Function detect_chips 

Source
pub fn detect_chips<E>(
    root_chips: Vec<Chip>,
    init_callback: &mut impl FnMut(ChipDetectState<'_>) -> Result<(), E>,
    options: ChipDetectOptions,
) -> Result<Vec<UninitChip>, InitError<E>>
Expand description

Find all chips accessible from the given set of root chips. For the most part this should be a set of chips found via a PCI scan, but it doesn’t have to be.

The most important part of this algorithm is determining which chips are duplicates of other chips. In general two boards can be differentiated by their board id, but this is not always the case. For example the gs or wh X2, in that case we must fallback on the interface id for grayskull or ethernet address for wh. However this does not cover all cases, if there is a wh X2 that is not in the root_chips list (which could be because it is in a neighbouring hose) and both chips are in two separate meshes with the same ethernet address. We will incorrectly detect them as being one chip.

Search steps:

  1. Add all given chips to output list removing duplicates this will ensure that if list indexes are used to assign a chip id pci chips will always be output instead of the remote equivalent.
  2. To a depth first search for each root chip, adding all new chips found to the output list.

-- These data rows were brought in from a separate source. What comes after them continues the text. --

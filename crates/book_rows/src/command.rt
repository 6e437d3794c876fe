//! Commands.

use crate::applicants::{ApplyAct, RemoveAct};
use crate::certifications::{AdmitAct, StartAct};
use crate::closings::CloseAct;
use crate::household::HouseholdAct;
use crate::moves::AskTransferAct;
use crate::property::{LimitsAct, RentsAct, UnitAct};
use rent_table::Plan;

/// What a clerk asks the office to do.
///
/// Numbers of applicants, households, units and records are any that 32 bits hold: whether they name something is the
/// office's matter.
#[derive(Drop)]
pub enum Command {
    Plan(Plan),
    Unit(UnitAct),
    Rents(RentsAct),
    Limits(LimitsAct),
    Apply(ApplyAct),
    Remove(RemoveAct),
    Start(StartAct),
    Admit(AdmitAct),
    AskTransfer(AskTransferAct),
    Household(HouseholdAct),
    Close(CloseAct),
}

impl Command {
    /// Frees it. It stands apart, so that no other proof has a case for each kind of command that goes out of use.
    pub fn let_go(self) {}
}
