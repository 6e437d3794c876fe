//! Acts on the waiting list.

use plain_data::{Listed, Text};

/// Puts an applicant on the waiting list.
#[derive(Debug, Drop, PartialEq, Eq)]
pub struct ApplyAct {
    /// From 1 to 40 printable bytes.
    pub name: Text,
    /// The members of the family, from 1 to 12.
    pub size: u32,
    /// Those who will live in the unit, live-in aides among them: from the size to 16.
    pub persons: u32,
    /// The codes of its preferences, from 1 to 16. At most 16.
    pub preferences: Listed<u32>,
    /// Whether it needs an accessible unit.
    pub accessible: bool,
    /// The income that it told, in whole dollars a year, at most 9,999,999.
    pub annual: u32,
}

/// Takes an applicant off the waiting list.
#[derive(Clone, Copy, Debug, PartialEq, Eq)]
pub struct RemoveAct {
    pub applicant: u32,
}
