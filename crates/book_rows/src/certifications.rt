//! Acts that certify.

use days_core::Day;
use facts_core::Facts;
use plain_data::Text;
use record_history::Dates;

/// Certifies a household that lives in a unit already.
#[derive(Drop)]
pub struct StartAct {
    /// From 1 to 40 printable bytes.
    pub name: Text,
    pub unit: u32,
    pub from: Day,
    pub facts: Facts,
}

/// Moves an applicant into a unit.
#[derive(Drop)]
pub struct AdmitAct {
    pub applicant: u32,
    pub unit: u32,
    pub from: Day,
    pub facts: Facts,
}

/// Certifies a household anew after a year.
#[derive(Drop)]
pub struct AnnualAct {
    pub from: Day,
    pub facts: Facts,
}

/// Certifies a household after a change that it told of.
#[derive(Drop)]
pub struct InterimAct {
    pub dates: Dates,
    pub from: Day,
    pub facts: Facts,
}

/// Certifies a household whose assistance had been ended.
#[derive(Drop)]
pub struct ResumeAct {
    /// When the work on it was done.
    pub done: Day,
    pub from: Day,
    pub facts: Facts,
}

/// Takes over the rents that its unit has from a day on.
#[derive(Clone, Copy, Debug, PartialEq, Eq)]
pub struct GrossAct {
    pub from: Day,
}

/// Puts a record right.
#[derive(Drop)]
pub struct CorrectAct {
    /// The number of the record that is corrected.
    pub target: u32,
    pub from: Day,
    pub facts: Facts,
}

When continue on failure is true, we report errors, but continue searching for chips. We pass all chips that did not complete initializations as UninitChip, the user will see the status and can decide for themselves if they want to upgrade the chip to a full Chip. Error Cases:

  1. ARC fw is hung, this usually means that there is a noc hang as well. a. Not catastrophic, we can recover from the hang by resetting the chip.
  2. DRAM is not trained a. Not catastrophic, but we should not pass this over as a good chip as we may get a noc hang when accessing DRAM.
  3. ARC did not complete initialization a. Not catastrophic, but for gs we will have no thermal control.
  4. Ethernet fw is corrupted, we check this by looking for a known fw version. a. Not catastrophic, we need to report this, but can continue exploring other chips in the mesh.
  5. Ethernet fw is hung, this usually means that the ethernet is in a bad state. a. Not catastrophic, we need to report this, but can continue exploring other chips in the mesh.
  6. 0xffffffff error, this means that the underlying transport is hung. a. This is catastrophic, we cannot continue searching for chips, because some of the chips in the mesh may no longer be accessible b. We could recover from this by rerunning the search, but this is not implemented.